Some competitors where novice strongmen others experienced strength athletes , champion bodybuilders and British athletic team members so the standard would throw up a few surprises in many of the events.

The first event was the farmers walk using a frame apparatus loaded to 100kg per hand raced over twenty metres. Only one competitor was unable to complete the distance and many where fast considering many had never used such an implement even those who had competed before.

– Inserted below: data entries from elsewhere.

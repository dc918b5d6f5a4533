// `kit_drum_acoustic` of render/kit.rs: a deeper, roomier kit. A drum is a frame function, in the order
// of the source's operations; the drum is handed in, and each frame matches it.
#![tactic(auto)]

mod cymbals; // cymbals.rt: hats, crash and ride
mod drums; // drums.rt: kick, snare, rim, toms and the unmapped
mod clap; // clap.rt: the clap's bursts
mod levels; // levels.rt: the levels of what is noise and no more, and the cowbell
mod frames; // frames.rt: a frame by drum, and a note

pub use frames::kit_drum_acoustic;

The event was won by ben france closely followed by Spartan performance gyms jack lovett and pete seddon coming in third. It was obvious to many of the judges that it was hundredths of a second which split many competitors and with the clock only stopping after the apparatus touched the ground after the line it was clear many lost time in grounding the implement and with only the top ten scoring this would dent some peoples chances throughout this competition.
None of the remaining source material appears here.